Brookner, and each of them, with full power of substitution in each,
as proxies to cast all votes, as designated below, which the
undersigned stockholder is entitled to cast at the Special Meeting
of Stockholders of the Company to be held on Wednesday, September
9, 1998 at 10:00 a.m. (CDT), at the Company's office at 3040 Post
Oak Boulevard, Suite 222, Houston, Texas and at any adjournments
thereof, upon the following matters.

      This proxy will be voted as directed by the undersigned
stockholder.  UNLESS CONTRARY DIRECTION IS GIVEN, THIS PROXY WILL
BE VOTED FOR PROPOSAL 1 AND IN ACCORDANCE WITH THE DETERMINATION OF
A MAJORITY OF THE BOARD OF DIRECTORS AS TO OTHER MATTERS.

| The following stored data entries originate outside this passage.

//! Numbers that look random.
ghost use Rattle.std.specs.Prelude.{◌<◌};

/// Numbers by a seed (Knuth's MMIX generator).
#[derive(Drop)]
pub struct Dice {
    state: u64,
}

impl Dice {
    pub fn new(seed: u64) -> Dice {
        Dice { state: seed }
    }

    /// A number below `sides`.
    pub fn below(&mut self, sides: u64) -> usize
        requires { 0 < sides }
        ensures { result < sides }
    {
        let product = self.state.wrapping_mul(6_364_136_223_846_793_005);
        self.state = product.wrapping_add(1_442_695_040_888_963_407);
        ((self.state >> 33) % sides) as usize
    }
}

      The undersigned stockholder hereby acknowledges receipt of the
Notice of Special Meeting and Proxy Statement, and hereby revokes
any proxy or proxies heretofore given.  This proxy may be revoked
at any time before its exercise.


                                 
      (continued and to be signed and dated on reverse side)













                                                   







(1)   Approval under the Company's 1992 Stock Option Plan to (i)
      increase by 350,000 the number of shares of Company common
      stock reserved for issuance under the 1992 Stock Option Plan
      and (ii) increase the number of stock options that may be
      granted to any one eligible individual in any one calendar
      year from 50,000 to 100,000.

     FOR                  AGAINST              ABSTAIN 


(2)  As determined by a majority of the Company's Board of
     Directors, the proxies are authorized to vote upon such other
     business as may properly come before the meeting, or any
     adjournments thereof.


                          Please date and sign exactly as
                          name appears hereon and return in 
                          the enclosed envelope.

                               Date:                         

                                                             
                               Signature of Stockholder or
                               Authorized Representative
                               
                               (Only one signature is required
                               in the case of stock ownership
                               in the name of two or more
                               persons.